- [Work required]
Using the records that follow, work out the number of lines with the word "scrubs" in them; reply with that number only.

★ ★ ★ ★

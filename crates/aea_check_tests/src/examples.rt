//! Worked examples of checks and of explanations.

use crate::archives::{
    archive_of, archive_with, first_misjudged, judges, nineteen, put_only, report_with, reveals,
    run_explain, run_only, run_verify, scrubs,
};
use crate::changes::first_change_said_otherwise;
use aea_cli::Status;
use aea_disk::{Disk, SureDisk};
use aea_test_helpers::{TWO_CODEWORDS, report_of, shorten};
use std::alloc::Global;
use std::test::Fail;

// Whether the report is accepted, read to its end, and this is flushed.
fn is_accepted(alloc: Global, disk: &mut SureDisk, report: &str) -> bool {
    run_verify(alloc, disk, report.as_bytes()).is_ok_and(|left| {
        reveals(&left, "accepted\n") && left.unread == 0 && left.out.flushed == 9
    })
}

// Whether the report of the repair of a site begins with these blocks and is accepted, and nothing is damaged any more.
fn is_of_a_whole_archive(alloc: Global, disk: &mut SureDisk, report: &str) -> bool {
    report.contains("\ncounts 40 40 0 0\npeeled h1\npeeled d2\npeeled l3\n")
        && is_accepted(alloc, disk, report)
        && scrubs(alloc, disk, Status::Done, "total 160 damaged 0\n")
}

// Whether this is said of the report once the second site is gone again.
fn judges_without_site(alloc: Global, disk: &mut SureDisk, report: &str, revealed: &str) -> bool {
    shorten(disk, 2, 0).is_ok() && judges(alloc, disk, report, revealed)
}

// Whether the second site is repaired so, and its first block is said to be damaged still once the site is gone again.
fn is_repaired_and_lost(alloc: Global, disk: &mut SureDisk) -> bool {
    match report_with(alloc, disk, Status::Done) {
        Some(report) => {
            is_of_a_whole_archive(alloc, disk, report.as_str())
                && judges_without_site(alloc, disk, report.as_str(), "rejected 5 still-bad h1\n")
        }
        None => false,
    }
}

// Whether all that is so of an archive on four sites whose second one is gone.
fn is_a_lost_site_repaired(alloc: Global) -> bool {
    match archive_with(alloc, "create 3 2 5 16 4", 640) {
        Some(mut disk) => {
            shorten(&mut disk, 2, 0).is_ok() && is_repaired_and_lost(alloc, &mut disk)
        }
        None => false,
    }
}

#[test]
fn a_repaired_site_of_four_is_accepted(rt: HostRuntime) -> Result<(), Fail> {
    assert!(rt; is_a_lost_site_repaired(rt.alloc()));
    Ok(())
}

// The first change of the report of two codewords after which something else is said.
fn first_change_in_nineteen(alloc: Global) -> Option<(&'static str, &'static str)> {
    match nineteen(alloc) {
        Some(mut disk) => first_change_said_otherwise(alloc, &mut disk),
        None => Some(("no change", "no archive")),
    }
}

#[test]
fn a_report_of_two_codewords_is_judged(rt: HostRuntime) -> Result<(), Fail> {
    let found = first_change_in_nineteen(rt.alloc());
    assert!(rt; found == None, "{found:?}");
    Ok(())
}

// Reports that are cut.
fn cuts() -> [(&'static str, &'static str); 4] {
    [
        ("", "refused: bad line 1\n"),
        ("aea-report 1", "refused: bad line 1\n"),
        ("aea-report 1\n", "refused: bad line 2\n"),
        (
            "aea-report 1\nlattice 2 2 2 11\nledger none\n",
            "refused: bad line 4\n",
        ),
    ]
}

// A report that is cut in the middle of line 7.
fn cut_report(alloc: Global, disk: &mut SureDisk) -> Option<String> {
    let report = report_of(alloc, disk, "2 2 2 11", TWO_CODEWORDS)?;
    let (first, _rest) = report.as_str().split_once("h1 by 1 3")?;
    format!(in alloc; "{first}h1 by 1 3 4 6\nlost r1 b").ok()
}

// Whether the report of a drill, which has no seal, is that of another archive.
fn is_drill_of_another(alloc: Global, disk: &mut SureDisk) -> bool {
    match format!(in alloc; "aea-report 1\nlattice 2 2 2 11\nledger none\n{TWO_CODEWORDS}") {
        Ok(drilled) => judges(alloc, disk, drilled.as_str(), "rejected 3 other-archive\n"),
        Err(_) => false,
    }
}

// Whether the report that is cut in the middle of a line is refused for that line.
fn is_cut_refused(alloc: Global, disk: &mut SureDisk) -> bool {
    match cut_report(alloc, disk) {
        Some(cut) => judges(alloc, disk, cut.as_str(), "refused: bad line 7\n"),
        None => false,
    }
}

// The first of all these reports of which something else is said, none where there is none.
fn first_misnamed(alloc: Global, disk: &mut SureDisk) -> Option<&'static str> {
    if !run_only(alloc, disk, "repair", 4096) {
        Some("no repair")
    } else if !is_drill_of_another(alloc, disk) {
        Some("the report of a drill")
    } else if !is_cut_refused(alloc, disk) {
        Some("the report that is cut in line 7")
    } else {
        first_misjudged(alloc, disk, &cuts())
    }
}

// The same in the archive in which the nineteen blocks are damaged.
fn first_misnamed_in_nineteen(alloc: Global) -> Option<&'static str> {
    match nineteen(alloc) {
        Some(mut disk) => first_misnamed(alloc, &mut disk),
        None => Some("no archive"),
    }
}

#[test]
fn reports_without_a_seal_and_cut_ones_are_named(rt: HostRuntime) -> Result<(), Fail> {
    let found = first_misnamed_in_nineteen(rt.alloc());
    assert!(rt; found == None, "{found:?}");
    Ok(())
}

// Whether the first site of an archive of one node is gone, the lines of a report, and what is said of it.
fn of_one_node() -> [(bool, &'static str, &'static str); 8] {
    [
        (true, "counts 0 0 0 0\n", "rejected 5 missing d1\n"),
        (
            true,
            "counts 1 1 0 0\npeeled d1\n",
            "rejected 5 still-bad d1\n",
        ),
        (
            true,
            "counts 1 0 0 1\nlost d1 by 1\n",
            "rejected 5 word-touches h1\n",
        ),
        (
            false,
            "counts 1 0 0 1\nlost d1 by 1\n",
            "rejected 5 not-damaged d1\n",
        ),
        (
            false,
            "counts 2 1 0 0\npeeled d1\n",
            "rejected 4 wrong-count\n",
        ),
        (false, "counts 1 1 0 0\npeeled d1\n", "accepted\n"),
        (false, "counts 1 0 1 0\nsolved l1\n", "accepted\n"),
        (false, "counts 0 0 0 0\n", "accepted\n"),
    ]
}

// Whether this is said of a report of the archive with these numbers and lines.
fn judges_lines(
    alloc: Global,
    disk: &mut SureDisk,
    numbers: &str,
    lines: &str,
    revealed: &str,
) -> bool {
    match report_of(alloc, disk, numbers, lines) {
        Some(report) => judges(alloc, disk, report.as_str(), revealed),
        None => false,
    }
}

// Whether this is said of a report with these lines.
fn is_judged(alloc: Global, is_gone: bool, lines: &str, revealed: &str) -> bool {
    match archive_of(alloc, "create 3 2 5 64 4", b"abc") {
        Some(mut disk) => {
            (!is_gone || shorten(&mut disk, 1, 0).is_ok())
                && judges_lines(alloc, &mut disk, "3 2 5 1", lines, revealed)
        }
        None => false,
    }
}

#[test]
fn reports_of_one_node_are_judged(rt: HostRuntime) -> Result<(), Fail> {
    for (is_gone, lines, revealed) in of_one_node() {
        assert!(rt; is_judged(rt.alloc(), is_gone, lines, revealed), "{lines}");
    }
    Ok(())
}

// Puts a fence and one more object after a lost node. It says whether the ledger is as long between them as it is to be.
fn puts_behind_a_fence(alloc: Global, disk: &mut SureDisk) -> bool {
    run_only(alloc, disk, "fence", 99)
        && disk.len(0) == Ok(149)
        && put_only(alloc, disk, "b", b"abc")
}

// Whether the repair's report ends so, and is accepted.
fn is_accepted_later(alloc: Global, disk: &mut SureDisk, lines: &str) -> bool {
    match report_with(alloc, disk, Status::Damage) {
        Some(report) => {
            report.as_str().ends_with(lines) && judges(alloc, disk, report.as_str(), "accepted\n")
        }
        None => false,
    }
}

// Whether this report is accepted, and is that of another archive once there is a fence and one more object, when the repair's
// report ends with the same lines.
fn is_report_accepted_until_a_fence(
    alloc: Global,
    disk: &mut SureDisk,
    report: &str,
    lines: &str,
) -> bool {
    judges(alloc, disk, report, "accepted\n")
        && puts_behind_a_fence(alloc, disk)
        && is_accepted_later(alloc, disk, lines)
        && judges(alloc, disk, report, "rejected 2 other-archive\n")
}

// The same of a report with these lines.
fn is_accepted_until_a_fence(alloc: Global, disk: &mut SureDisk, lines: &str) -> bool {
    match report_of(alloc, disk, "1 1 0 1", lines) {
        Some(report) => { is_report_accepted_until_a_fence(alloc, disk, report.as_str(), lines) }
        None => false,
    }
}

// Whether this is so of a chain whose one node is lost, and a word of both nodes touches the datum of the second one, which is
// there.
fn is_a_lost_node_judged(alloc: Global, disk: &mut SureDisk) -> bool {
    let lines = "counts 2 0 0 2\nlost d1 by 1\nlost h1 by 1\n";
    let wrong = "counts 1 0 0 1\nlost d1 by 1 2\n";
    let revealed = "rejected 5 word-touches d2\n";
    shorten(disk, 1, 0).is_ok()
        && is_accepted_until_a_fence(alloc, disk, lines)
        && judges_lines(alloc, disk, "1 1 0 2", wrong, revealed)
}

// The same of a chain that is made here.
fn is_a_lost_node_of_a_chain_judged(alloc: Global) -> bool {
    match archive_of(alloc, "create 1 1 0 16 1", b"abc") {
        Some(mut disk) => is_a_lost_node_judged(alloc, &mut disk),
        None => false,
    }
}

#[test]
fn a_report_of_what_is_lost_before_a_fence_is_accepted(rt: HostRuntime) -> Result<(), Fail> {
    assert!(rt; is_a_lost_node_of_a_chain_judged(rt.alloc()));
    Ok(())
}

// A block, the status, and what is printed of it.
fn explanations() -> [(&'static str, Status, &'static str); 9] {
    [
        (
            "d5",
            Status::Done,
            "damaged d5\nsum h1 r1 h3 r3 h4 r4 h5 h6 r6\n",
        ),
        ("d1", Status::Damage, "damaged d1\nword 1 3 4 6\n"),
        ("d2", Status::Done, "intact d2\nsum h2\n"),
        ("d11", Status::Damage, "damaged d11\nword 8 9 10 11\n"),
        ("d12", Status::Refused, "refused: bad block\n"),
        ("l1", Status::Refused, "refused: bad block\n"),
        ("d0", Status::Refused, "refused: bad block\n"),
        ("", Status::Refused, "refused: bad block\n"),
        ("D1", Status::Refused, "refused: bad block\n"),
    ]
}

// Whether this is said of the block, with this status, and flushed, and nothing is read.
fn is_explained(
    alloc: Global,
    disk: &mut SureDisk,
    block: &str,
    status: Status,
    revealed: &str,
) -> bool {
    let (out, err) = if status == Status::Refused {
        ("", revealed)
    } else {
        (revealed, "")
    };
    run_explain(alloc, disk, block).is_ok_and(|left| {
        left.is(status, out, err) && left.unread == 6 && left.out.flushed == out.len()
    })
}

// The first of these blocks of which something else is said, none where there is none.
fn first_explained_otherwise(alloc: Global, disk: &mut SureDisk) -> Option<&'static str> {
    for (block, status, revealed) in explanations() {
        if !is_explained(alloc, disk, block, status, revealed) {
            return Some(block);
        }
    }
    None
}

// The same in the archive in which the nineteen blocks are damaged.
fn first_explained_otherwise_in_nineteen(alloc: Global) -> Option<&'static str> {
    match nineteen(alloc) {
        Some(mut disk) => first_explained_otherwise(alloc, &mut disk),
        None => Some("no archive"),
    }
}

#[test]
fn blocks_are_explained(rt: HostRuntime) -> Result<(), Fail> {
    let found = first_explained_otherwise_in_nineteen(rt.alloc());
    assert!(rt; found == None, "{found:?}");
    Ok(())
}

// Sites that are lost one after another, and what is said of a block then: each of the four blocks of the one node reveals the
// datum.
fn losses() -> [(u8, &'static str, &'static str); 5] {
    [
        (2, "d1", "intact d1\nsum r1\n"),
        (3, "d1", "intact d1\nsum l1\n"),
        (4, "d1", "intact d1\nword 1\n"),
        (4, "h1", "damaged h1\nsum h1\n"),
        (1, "d1", "damaged d1\nword 1\n"),
    ]
}

// Whether this is printed of the block, and nothing on the errors.
fn is_printed(alloc: Global, disk: &mut SureDisk, block: &str, revealed: &str) -> bool {
    run_explain(alloc, disk, block).is_ok_and(|left| {
        left.out.bytes() == revealed.as_bytes() && left.err.bytes().is_empty()
    })
}

// The first of these losses after which something else is printed, with its block; none where there is none.
fn first_printed_otherwise(alloc: Global, disk: &mut SureDisk) -> Option<(u8, &'static str)> {
    for (gone, block, revealed) in losses() {
        if shorten(disk, gone, 0).is_err() || !is_printed(alloc, disk, block, revealed) {
            return Some((gone, block));
        }
    }
    None
}

// The same in an archive of one node.
fn first_printed_otherwise_of_one_node(alloc: Global) -> Option<(u8, &'static str)> {
    match archive_of(alloc, "create 3 2 5 64 4", b"abc") {
        Some(mut disk) => first_printed_otherwise(alloc, &mut disk),
        None => Some((0, "no archive")),
    }
}

#[test]
fn the_last_that_stands_for_its_node_is_a_word(rt: HostRuntime) -> Result<(), Fail> {
    let found = first_printed_otherwise_of_one_node(rt.alloc());
    assert!(rt; found == None, "{found:?}");
    Ok(())
}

★ ★ ★ ★

- [Answer section]
2